— ASSIGNMENT —
Copy nothing from the entries below except the lines from the one containing "goes to nobody." through the one containing "stalled = set", and copy those exactly.

— Saved data entries —
******

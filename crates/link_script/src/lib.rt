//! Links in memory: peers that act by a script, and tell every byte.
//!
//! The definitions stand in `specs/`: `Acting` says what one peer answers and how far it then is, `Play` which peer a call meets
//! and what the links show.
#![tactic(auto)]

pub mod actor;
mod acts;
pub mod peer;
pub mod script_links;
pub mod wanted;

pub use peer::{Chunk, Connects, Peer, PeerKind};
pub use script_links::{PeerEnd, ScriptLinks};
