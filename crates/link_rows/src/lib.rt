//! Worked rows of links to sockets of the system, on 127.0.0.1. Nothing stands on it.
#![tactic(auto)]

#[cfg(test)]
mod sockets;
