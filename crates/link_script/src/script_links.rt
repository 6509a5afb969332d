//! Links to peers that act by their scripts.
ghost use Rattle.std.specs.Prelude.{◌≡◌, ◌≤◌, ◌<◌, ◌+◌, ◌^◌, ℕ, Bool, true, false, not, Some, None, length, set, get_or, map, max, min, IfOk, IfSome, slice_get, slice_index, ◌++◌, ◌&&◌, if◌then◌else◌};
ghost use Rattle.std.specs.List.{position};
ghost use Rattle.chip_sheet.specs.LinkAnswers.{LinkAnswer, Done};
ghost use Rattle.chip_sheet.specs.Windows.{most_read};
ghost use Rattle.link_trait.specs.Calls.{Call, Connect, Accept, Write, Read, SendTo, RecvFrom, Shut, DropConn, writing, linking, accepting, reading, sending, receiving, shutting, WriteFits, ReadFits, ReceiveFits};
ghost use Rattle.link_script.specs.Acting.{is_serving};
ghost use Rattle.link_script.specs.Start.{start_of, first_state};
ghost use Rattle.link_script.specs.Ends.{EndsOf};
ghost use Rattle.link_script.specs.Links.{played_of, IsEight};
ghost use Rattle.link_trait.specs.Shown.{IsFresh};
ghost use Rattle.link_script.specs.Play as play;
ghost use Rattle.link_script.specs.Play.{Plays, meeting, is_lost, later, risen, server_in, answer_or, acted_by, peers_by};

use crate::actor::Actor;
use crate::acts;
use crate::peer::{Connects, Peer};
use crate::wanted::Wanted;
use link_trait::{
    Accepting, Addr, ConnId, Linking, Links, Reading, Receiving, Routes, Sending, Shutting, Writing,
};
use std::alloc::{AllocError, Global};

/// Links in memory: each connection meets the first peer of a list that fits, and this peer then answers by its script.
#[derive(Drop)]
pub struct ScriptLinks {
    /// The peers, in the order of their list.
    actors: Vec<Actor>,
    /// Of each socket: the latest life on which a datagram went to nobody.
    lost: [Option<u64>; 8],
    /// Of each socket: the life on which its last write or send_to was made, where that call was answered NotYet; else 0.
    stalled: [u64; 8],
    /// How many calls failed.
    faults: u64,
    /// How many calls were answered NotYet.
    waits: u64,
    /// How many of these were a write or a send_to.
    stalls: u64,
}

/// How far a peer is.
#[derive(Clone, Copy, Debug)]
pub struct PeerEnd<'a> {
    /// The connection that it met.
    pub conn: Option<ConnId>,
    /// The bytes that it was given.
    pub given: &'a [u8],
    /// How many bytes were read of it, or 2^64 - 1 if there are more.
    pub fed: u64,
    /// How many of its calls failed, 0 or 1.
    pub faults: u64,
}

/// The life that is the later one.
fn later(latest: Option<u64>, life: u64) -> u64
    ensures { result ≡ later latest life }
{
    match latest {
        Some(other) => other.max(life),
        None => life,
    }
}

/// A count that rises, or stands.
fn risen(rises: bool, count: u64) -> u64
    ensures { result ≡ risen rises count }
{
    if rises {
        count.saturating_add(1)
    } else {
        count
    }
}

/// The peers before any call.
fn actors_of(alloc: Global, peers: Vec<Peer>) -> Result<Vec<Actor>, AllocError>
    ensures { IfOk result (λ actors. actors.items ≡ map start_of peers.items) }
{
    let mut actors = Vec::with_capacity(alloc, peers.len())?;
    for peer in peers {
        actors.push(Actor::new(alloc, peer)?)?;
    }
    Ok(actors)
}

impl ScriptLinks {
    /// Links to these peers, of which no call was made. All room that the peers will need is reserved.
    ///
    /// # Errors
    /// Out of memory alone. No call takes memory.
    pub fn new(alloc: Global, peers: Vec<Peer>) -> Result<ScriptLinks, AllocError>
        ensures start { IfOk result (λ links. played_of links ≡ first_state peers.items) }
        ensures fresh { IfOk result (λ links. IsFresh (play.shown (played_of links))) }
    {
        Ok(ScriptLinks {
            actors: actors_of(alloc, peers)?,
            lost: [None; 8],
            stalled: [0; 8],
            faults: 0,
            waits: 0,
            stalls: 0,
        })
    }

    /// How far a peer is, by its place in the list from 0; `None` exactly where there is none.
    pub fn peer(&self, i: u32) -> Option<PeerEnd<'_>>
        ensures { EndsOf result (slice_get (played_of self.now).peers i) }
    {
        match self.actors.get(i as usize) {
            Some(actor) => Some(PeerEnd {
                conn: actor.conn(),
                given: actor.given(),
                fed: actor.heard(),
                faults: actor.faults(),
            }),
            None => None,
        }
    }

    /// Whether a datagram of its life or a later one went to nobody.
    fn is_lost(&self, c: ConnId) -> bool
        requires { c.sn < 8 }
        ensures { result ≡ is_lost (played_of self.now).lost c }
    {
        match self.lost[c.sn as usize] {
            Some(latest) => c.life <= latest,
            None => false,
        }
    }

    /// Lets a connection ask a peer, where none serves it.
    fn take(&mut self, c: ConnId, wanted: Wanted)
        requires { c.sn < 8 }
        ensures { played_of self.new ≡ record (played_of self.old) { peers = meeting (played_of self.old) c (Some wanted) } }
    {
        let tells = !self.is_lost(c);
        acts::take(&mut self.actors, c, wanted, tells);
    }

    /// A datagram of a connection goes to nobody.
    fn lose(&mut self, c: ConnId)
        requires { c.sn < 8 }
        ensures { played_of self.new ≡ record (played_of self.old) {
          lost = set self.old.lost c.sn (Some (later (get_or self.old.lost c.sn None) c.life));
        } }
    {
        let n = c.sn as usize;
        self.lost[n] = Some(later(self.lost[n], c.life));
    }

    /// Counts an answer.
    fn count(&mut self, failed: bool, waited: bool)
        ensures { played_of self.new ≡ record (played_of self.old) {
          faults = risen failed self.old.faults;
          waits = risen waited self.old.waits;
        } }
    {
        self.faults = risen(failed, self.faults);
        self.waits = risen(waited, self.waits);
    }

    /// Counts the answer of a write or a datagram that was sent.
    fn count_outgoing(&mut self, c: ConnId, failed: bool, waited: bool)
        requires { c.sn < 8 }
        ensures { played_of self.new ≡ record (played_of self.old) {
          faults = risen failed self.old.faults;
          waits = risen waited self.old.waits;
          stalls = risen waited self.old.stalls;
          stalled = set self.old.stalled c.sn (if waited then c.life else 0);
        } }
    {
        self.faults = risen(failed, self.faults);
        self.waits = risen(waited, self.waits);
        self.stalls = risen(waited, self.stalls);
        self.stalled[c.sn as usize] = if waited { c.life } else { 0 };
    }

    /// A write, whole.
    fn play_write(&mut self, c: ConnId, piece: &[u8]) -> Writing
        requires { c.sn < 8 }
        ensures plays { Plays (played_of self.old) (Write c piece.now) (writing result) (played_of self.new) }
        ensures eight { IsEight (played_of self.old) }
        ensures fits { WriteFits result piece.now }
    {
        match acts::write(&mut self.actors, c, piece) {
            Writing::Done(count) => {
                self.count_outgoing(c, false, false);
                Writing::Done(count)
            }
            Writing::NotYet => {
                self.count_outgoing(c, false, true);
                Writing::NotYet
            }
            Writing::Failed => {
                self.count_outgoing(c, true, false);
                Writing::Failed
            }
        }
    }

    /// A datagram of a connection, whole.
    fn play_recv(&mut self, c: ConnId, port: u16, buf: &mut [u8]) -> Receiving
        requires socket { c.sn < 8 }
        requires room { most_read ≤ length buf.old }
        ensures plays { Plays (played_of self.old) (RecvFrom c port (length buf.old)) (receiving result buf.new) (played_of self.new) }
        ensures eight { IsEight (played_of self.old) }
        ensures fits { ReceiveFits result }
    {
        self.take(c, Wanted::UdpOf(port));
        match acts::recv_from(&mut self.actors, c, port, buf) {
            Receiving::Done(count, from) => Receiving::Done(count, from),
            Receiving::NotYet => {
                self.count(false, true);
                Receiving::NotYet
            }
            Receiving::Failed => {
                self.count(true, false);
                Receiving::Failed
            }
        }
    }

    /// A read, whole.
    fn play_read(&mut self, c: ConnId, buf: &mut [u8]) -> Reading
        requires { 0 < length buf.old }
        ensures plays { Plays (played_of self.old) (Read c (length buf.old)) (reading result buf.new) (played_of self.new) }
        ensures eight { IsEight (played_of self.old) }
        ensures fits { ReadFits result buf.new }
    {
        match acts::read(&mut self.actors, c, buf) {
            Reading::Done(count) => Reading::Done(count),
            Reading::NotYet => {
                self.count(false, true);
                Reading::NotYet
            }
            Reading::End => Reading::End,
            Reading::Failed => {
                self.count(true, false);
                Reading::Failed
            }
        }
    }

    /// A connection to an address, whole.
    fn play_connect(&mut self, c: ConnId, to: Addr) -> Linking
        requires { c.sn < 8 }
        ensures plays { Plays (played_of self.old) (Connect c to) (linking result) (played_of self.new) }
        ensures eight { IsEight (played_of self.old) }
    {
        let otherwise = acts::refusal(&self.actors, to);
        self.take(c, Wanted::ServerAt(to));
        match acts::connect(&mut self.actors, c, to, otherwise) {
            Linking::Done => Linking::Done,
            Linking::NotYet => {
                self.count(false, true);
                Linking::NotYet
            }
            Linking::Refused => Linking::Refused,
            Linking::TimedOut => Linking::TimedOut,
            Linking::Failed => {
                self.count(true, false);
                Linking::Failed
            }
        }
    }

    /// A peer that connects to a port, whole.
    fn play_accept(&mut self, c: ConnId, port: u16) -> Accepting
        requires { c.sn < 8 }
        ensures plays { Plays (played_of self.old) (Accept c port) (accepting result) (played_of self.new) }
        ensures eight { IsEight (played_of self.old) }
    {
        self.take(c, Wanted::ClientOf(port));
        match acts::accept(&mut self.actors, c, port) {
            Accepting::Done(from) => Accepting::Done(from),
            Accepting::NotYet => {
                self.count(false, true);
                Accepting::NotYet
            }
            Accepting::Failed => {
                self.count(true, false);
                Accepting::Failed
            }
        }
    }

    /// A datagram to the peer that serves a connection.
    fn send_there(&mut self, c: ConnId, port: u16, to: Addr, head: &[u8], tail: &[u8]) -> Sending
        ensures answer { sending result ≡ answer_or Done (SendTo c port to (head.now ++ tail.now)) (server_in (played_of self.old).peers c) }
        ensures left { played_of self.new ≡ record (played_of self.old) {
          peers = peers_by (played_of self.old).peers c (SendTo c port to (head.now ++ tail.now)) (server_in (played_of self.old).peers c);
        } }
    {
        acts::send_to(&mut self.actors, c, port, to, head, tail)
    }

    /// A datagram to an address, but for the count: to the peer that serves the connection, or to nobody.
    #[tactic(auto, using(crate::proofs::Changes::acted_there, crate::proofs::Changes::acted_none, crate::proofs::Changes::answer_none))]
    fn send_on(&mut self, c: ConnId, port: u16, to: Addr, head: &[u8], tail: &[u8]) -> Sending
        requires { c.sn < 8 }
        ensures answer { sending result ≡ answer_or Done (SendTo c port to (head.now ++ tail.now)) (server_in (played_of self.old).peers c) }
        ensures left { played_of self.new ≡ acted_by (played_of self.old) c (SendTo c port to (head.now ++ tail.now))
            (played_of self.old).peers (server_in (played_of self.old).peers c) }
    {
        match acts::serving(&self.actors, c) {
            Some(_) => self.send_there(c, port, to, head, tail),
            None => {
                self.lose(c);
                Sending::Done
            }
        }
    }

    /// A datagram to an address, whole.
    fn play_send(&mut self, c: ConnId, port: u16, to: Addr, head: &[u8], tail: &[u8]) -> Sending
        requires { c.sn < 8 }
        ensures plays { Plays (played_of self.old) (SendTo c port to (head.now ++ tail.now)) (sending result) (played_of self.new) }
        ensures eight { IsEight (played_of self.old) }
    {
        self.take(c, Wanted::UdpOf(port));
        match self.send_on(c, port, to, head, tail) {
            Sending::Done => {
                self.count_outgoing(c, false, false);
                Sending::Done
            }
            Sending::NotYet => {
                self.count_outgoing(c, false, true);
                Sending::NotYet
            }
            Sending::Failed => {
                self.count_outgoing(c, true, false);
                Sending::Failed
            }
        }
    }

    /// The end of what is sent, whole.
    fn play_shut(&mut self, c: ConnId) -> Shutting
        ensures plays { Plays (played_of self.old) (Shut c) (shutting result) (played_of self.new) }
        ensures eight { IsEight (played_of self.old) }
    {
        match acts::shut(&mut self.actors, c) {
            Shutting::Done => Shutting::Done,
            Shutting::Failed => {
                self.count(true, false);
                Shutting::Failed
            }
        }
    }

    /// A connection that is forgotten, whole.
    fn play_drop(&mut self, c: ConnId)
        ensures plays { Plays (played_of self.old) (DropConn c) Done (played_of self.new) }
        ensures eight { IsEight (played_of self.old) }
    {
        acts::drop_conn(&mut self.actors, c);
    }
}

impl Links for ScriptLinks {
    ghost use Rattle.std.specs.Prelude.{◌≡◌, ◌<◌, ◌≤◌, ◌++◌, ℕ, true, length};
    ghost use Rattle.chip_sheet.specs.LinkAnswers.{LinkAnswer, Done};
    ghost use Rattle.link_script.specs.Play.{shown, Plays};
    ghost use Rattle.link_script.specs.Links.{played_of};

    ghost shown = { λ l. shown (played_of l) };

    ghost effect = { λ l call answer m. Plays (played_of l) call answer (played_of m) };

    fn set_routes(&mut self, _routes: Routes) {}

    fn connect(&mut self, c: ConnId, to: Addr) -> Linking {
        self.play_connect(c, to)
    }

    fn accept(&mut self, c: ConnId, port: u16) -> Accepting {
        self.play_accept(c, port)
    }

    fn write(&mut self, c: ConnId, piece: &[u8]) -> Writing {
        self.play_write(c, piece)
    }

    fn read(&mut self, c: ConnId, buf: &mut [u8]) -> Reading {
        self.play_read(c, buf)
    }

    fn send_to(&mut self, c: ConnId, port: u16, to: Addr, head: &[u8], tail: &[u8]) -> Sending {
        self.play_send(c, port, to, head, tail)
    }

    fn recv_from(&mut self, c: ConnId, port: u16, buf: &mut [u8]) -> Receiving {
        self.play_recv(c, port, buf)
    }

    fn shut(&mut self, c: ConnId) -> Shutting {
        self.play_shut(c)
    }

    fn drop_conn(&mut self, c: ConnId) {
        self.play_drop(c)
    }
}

******

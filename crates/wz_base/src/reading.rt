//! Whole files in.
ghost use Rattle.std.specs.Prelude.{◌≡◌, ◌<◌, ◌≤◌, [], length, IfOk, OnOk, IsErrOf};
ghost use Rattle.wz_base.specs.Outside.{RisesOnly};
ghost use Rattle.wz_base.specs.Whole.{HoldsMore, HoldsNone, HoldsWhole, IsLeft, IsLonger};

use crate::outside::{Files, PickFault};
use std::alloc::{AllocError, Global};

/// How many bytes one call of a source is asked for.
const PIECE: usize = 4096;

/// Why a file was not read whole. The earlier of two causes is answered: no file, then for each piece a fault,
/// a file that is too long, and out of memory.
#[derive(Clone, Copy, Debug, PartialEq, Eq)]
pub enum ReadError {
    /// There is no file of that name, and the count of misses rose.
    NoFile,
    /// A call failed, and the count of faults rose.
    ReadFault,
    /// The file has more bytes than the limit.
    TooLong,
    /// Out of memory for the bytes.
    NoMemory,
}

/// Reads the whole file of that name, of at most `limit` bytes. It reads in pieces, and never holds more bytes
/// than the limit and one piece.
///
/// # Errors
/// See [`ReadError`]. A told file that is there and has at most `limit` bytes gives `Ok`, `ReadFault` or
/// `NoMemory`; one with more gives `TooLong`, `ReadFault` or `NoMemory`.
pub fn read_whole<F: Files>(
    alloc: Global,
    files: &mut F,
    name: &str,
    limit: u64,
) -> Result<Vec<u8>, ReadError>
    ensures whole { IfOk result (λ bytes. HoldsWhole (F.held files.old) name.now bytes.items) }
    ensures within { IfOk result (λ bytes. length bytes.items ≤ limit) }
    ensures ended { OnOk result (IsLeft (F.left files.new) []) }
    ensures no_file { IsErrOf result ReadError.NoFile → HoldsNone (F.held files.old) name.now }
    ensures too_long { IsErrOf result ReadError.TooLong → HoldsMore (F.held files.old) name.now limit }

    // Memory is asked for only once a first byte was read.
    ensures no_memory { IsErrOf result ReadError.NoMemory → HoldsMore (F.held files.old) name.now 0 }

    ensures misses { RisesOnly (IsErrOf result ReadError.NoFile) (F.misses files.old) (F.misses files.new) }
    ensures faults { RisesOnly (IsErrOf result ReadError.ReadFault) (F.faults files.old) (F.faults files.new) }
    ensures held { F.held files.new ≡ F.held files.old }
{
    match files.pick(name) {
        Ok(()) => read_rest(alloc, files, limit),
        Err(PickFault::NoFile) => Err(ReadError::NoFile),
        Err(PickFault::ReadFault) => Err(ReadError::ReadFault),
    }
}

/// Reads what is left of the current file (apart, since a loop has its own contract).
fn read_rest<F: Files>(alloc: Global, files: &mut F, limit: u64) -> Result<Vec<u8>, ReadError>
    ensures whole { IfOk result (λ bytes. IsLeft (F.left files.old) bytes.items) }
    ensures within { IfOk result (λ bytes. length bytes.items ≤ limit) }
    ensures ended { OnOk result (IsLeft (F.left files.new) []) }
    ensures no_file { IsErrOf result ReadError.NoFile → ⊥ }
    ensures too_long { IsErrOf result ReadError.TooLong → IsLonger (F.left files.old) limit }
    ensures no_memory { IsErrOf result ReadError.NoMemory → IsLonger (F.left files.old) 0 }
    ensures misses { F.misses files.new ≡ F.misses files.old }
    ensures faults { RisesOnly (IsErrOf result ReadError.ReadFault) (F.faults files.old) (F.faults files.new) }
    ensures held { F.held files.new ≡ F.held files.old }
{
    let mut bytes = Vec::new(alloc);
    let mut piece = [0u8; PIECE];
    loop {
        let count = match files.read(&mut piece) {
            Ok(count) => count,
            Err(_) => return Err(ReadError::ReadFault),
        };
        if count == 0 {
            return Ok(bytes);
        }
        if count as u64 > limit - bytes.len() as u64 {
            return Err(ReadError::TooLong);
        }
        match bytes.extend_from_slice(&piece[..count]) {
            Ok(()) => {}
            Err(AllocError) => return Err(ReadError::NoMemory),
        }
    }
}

******

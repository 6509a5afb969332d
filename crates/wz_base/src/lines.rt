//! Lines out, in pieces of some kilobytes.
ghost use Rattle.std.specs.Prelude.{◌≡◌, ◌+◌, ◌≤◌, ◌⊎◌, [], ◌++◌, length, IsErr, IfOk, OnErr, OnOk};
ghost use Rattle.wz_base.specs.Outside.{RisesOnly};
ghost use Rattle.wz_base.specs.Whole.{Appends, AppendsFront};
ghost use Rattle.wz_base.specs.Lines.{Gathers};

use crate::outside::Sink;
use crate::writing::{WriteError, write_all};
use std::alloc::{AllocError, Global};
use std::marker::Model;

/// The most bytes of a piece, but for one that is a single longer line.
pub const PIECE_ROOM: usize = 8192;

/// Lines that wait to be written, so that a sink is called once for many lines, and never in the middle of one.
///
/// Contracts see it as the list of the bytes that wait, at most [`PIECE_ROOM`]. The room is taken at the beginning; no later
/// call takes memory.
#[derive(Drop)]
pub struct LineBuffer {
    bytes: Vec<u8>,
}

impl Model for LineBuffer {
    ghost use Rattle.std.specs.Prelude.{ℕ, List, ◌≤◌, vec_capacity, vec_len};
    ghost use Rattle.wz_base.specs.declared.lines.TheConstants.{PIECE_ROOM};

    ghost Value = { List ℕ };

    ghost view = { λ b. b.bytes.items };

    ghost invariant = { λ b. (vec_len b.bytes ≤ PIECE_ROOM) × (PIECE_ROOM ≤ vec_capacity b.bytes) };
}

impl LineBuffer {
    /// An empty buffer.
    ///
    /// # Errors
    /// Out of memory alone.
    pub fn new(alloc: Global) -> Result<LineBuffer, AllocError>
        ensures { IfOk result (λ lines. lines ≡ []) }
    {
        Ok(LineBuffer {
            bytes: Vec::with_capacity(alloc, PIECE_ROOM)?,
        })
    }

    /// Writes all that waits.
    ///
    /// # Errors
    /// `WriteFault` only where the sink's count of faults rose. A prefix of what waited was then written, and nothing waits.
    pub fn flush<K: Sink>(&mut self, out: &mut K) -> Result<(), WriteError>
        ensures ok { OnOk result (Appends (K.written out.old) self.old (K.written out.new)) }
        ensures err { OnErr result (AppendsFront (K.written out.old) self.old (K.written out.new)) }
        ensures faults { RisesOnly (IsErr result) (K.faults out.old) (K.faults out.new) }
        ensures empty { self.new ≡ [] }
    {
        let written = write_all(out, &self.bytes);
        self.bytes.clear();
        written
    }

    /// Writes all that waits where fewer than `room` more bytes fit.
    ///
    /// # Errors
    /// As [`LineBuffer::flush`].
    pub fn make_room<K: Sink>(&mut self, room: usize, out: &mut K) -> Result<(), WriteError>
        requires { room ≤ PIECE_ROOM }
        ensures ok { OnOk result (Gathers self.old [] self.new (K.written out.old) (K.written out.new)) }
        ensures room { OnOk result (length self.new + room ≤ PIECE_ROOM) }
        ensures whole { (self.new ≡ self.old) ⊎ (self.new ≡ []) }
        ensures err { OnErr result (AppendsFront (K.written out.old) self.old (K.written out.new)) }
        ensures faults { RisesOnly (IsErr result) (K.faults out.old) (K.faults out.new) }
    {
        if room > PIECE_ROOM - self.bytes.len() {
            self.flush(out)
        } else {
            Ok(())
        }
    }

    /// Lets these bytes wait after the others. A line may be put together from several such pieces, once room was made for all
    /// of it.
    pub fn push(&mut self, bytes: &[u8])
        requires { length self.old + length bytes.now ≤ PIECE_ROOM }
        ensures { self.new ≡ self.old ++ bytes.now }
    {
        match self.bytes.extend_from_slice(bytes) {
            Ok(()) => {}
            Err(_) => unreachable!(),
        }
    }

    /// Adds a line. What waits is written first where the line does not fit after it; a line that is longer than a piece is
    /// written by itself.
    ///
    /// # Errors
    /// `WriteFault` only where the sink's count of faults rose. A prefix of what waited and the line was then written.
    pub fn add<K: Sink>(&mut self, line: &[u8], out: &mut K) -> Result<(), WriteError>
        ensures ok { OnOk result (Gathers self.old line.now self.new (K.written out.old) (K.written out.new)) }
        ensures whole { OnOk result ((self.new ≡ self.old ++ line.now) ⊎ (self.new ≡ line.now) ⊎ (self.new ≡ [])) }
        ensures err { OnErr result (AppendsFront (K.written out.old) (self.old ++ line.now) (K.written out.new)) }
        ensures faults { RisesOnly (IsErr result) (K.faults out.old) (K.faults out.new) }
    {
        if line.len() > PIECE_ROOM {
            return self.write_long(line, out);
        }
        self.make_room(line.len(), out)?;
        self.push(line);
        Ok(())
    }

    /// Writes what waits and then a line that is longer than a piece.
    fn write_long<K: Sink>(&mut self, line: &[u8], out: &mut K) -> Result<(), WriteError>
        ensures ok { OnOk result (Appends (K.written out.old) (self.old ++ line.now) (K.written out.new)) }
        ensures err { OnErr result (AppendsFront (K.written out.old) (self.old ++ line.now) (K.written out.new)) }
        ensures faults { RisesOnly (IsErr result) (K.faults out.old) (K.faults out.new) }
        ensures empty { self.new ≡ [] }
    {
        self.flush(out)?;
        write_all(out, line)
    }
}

******

— SOLUTION TO THE EXERCISE —
    /// A datagram of a connection goes to nobody.
    fn lose(&mut self, c: ConnId)
        requires { c.sn < 8 }
        ensures { played_of self.new ≡ record (played_of self.old) {
          lost = set self.old.lost c.sn (Some (later (get_or self.old.lost c.sn None) c.life));
        } }
    {
        let n = c.sn as usize;
        self.lost[n] = Some(later(self.lost[n], c.life));
    }

    /// Counts an answer.
    fn count(&mut self, failed: bool, waited: bool)
        ensures { played_of self.new ≡ record (played_of self.old) {
          faults = risen failed self.old.faults;
          waits = risen waited self.old.waits;
        } }
    {
        self.faults = risen(failed, self.faults);
        self.waits = risen(waited, self.waits);
    }

    /// Counts the answer of a write or a datagram that was sent.
    fn count_outgoing(&mut self, c: ConnId, failed: bool, waited: bool)
        requires { c.sn < 8 }
        ensures { played_of self.new ≡ record (played_of self.old) {
          faults = risen failed self.old.faults;
          waits = risen waited self.old.waits;
          stalls = risen waited self.old.stalls;
          stalled = set self.old.stalled c.sn (if waited then c.life else 0);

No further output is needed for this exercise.